According to the International Union for the Conservation of Nature (IUCN), a marine protected area or MPA is a “clearly defined geographical space, recognized, dedicated and managed…to achieve long-term conservation of nature with associated ecosystem services and cultural values.”
A multifaceted approach for sustainability
Through a multifaceted perspective, the Strengthening the Marine Protected Areas to Protect the Marine Key Biodiversity Areas in the Philippines (SMARTSeas) Project in Lanuza Bay, Surigao del Sur addresses issues of program sustainability.
With the support of the Global Environment Facility, United Nations Development Programme, the Department of Environment and Natural Resources-Biodiversity Manage- ment Bureau, Haribon and its local partner, the Lanuza Bay Development Alliance, will assist the local government units and the management bodies to strengthen MPA and MPA network in Lanuza Bay for five years.
There are more than 16 MPAs in Lanuza Bay. It is home to one of the first MPAs established in the Caraga region in 1996 – the Tigao Fish Sanctuary in Barangay Tigao in the municipality of Cortes. This was two years before the enactment of the Philippine Fisheries Code of 1998, otherwise known as Republic Act 8550.
Each of the 16 MPAs has a management body mainly composed of fishers and other sectors, with the support of the barangay and municipal/city government.
Through SMARTSeas, these 16 MPAs have upgraded their strategic management plans.
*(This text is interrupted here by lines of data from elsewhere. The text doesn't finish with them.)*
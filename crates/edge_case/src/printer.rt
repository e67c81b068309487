//! Prints the outcome of a page.
ghost use Rattle.std.specs.Prelude.{◌≡◌, ◌≢◌, IfOk, IfErr, IsErrOf, string_bytes};
ghost use Rattle.std.specs.Io.KnownBytes.{Appends, Keeps};
ghost use Rattle.edge_types.specs.Outcome.{shown};
ghost use Rattle.edge_case.specs.Bytes.{AppendsPart};
ghost use Rattle.edge_case.specs.Printed.{page_line, fault_line, printed, end_of};

use crate::ending::{CaseEnd, CaseFault};
use crate::line::LINE_FEED;
use crate::writing::{write_bytes, write_page};
use edge_types::{Head, NoMemory, Outcome, PageFault};
use std::alloc::Global;
use std::io::Write;

// A page's line: status, length of the body and content type.
fn page_line(alloc: Global, head: &Head, len: usize) -> Result<Vec<u8>, NoMemory>
    ensures { IfOk result (λ line. line.items ≡ page_line head.now len) }
{
    let status = head.status;
    let numbers = format!(in alloc; "{status} {len} ")?;
    let mut line = numbers.as_bytes().to_vec(alloc)?;
    line.extend_from_slice(head.content_type.as_bytes())?;
    line.push(LINE_FEED)?;
    Ok(line)
}

// A fault's line: its number, its name and its place.
fn fault_line(alloc: Global, fault: &PageFault) -> Result<String, NoMemory>
    ensures { IfOk result (λ line. string_bytes line ≡ fault_line fault.now) }
{
    let number = fault.number();
    let name = fault.name();
    let line = match fault {
        PageFault::BadTemplate(at) => format!(in alloc; "fault {number} {name} {at}\n")?,
        _ => format!(in alloc; "fault {number} {name}\n")?,
    };
    Ok(line)
}

/// Prints the outcome of a page: a page as its status, its length, its content type and its body,
/// a fault as its line. No memory is taken after the first write.
///
/// `NoMemory` if an allocation fails; nothing is written then. `Write` if a write fails or
/// takes no byte; only a first part of the printed form is written then.
pub(crate) fn print<W: Write>(
    alloc: Global,
    writer: &mut W,
    outcome: &Outcome,
) -> Result<CaseEnd, CaseFault>
    ensures end { IfOk result (λ end. end ≡ end_of (shown outcome.now)) }
    ensures written { IfOk result (λ end. Appends (W.contents writer.old) (W.contents writer.new) (printed (shown outcome.now))) }
    ensures failed { IsErrOf result CaseFault.Write → AppendsPart (W.contents writer.old) (W.contents writer.new) (printed (shown outcome.now)) }
    ensures nothing { IfErr result (λ e. e ≢ CaseFault.Write → Keeps (W.contents writer.old) (W.contents writer.new)) }
    ensures never_bad { IfErr result (λ e. e ≢ CaseFault.BadCase) }
{
    match outcome {
        Outcome::Page { head, body } => {
            let line = page_line(alloc, head, body.len())?;
            write_page(writer, &line, body)?;
            Ok(CaseEnd::PagePrinted)
        }
        Outcome::Fault(fault) => {
            let line = fault_line(alloc, fault)?;
            write_bytes(writer, line.as_bytes())?;
            Ok(CaseEnd::FaultPrinted)
        }
    }
}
To sustain current initiatives, they have identified funded and unfunded activities and created a business plan that were presented to the Caraga regional offices of the Department of Environment and Natural Resources (DENR), Department of Tourism (DOT), Technical Education and Skills Development Authority (TESDA), Bureau of Fisheries and Aquatic Resources (BFAR) and the local governments of Lanuza Bay.
This new direction ensures that in the next three years, activities that gain no support from the local government still push through.
In 2016, national government offices signified support for the all of 2017, ranging from provision of marker buoys to mark MPA boundaries, training on tourism management planning, bird watching and food services for MPAs with tourism potential, and training on coral reef monitoring.
The DOT suggested an integrated tourism plan that will link each municipality in Lanuza Bay to different tourism opportunities, and prevent competition and overlapping of products and services (e.g. snorkeling and diving, river cruising, bird watching).
Manong Pepe, the MPA management bodies and local governments continue to work together to achieve identified success indicators that will realize the goal of sustaining conservation efforts in coastal resources and marine biodiversity.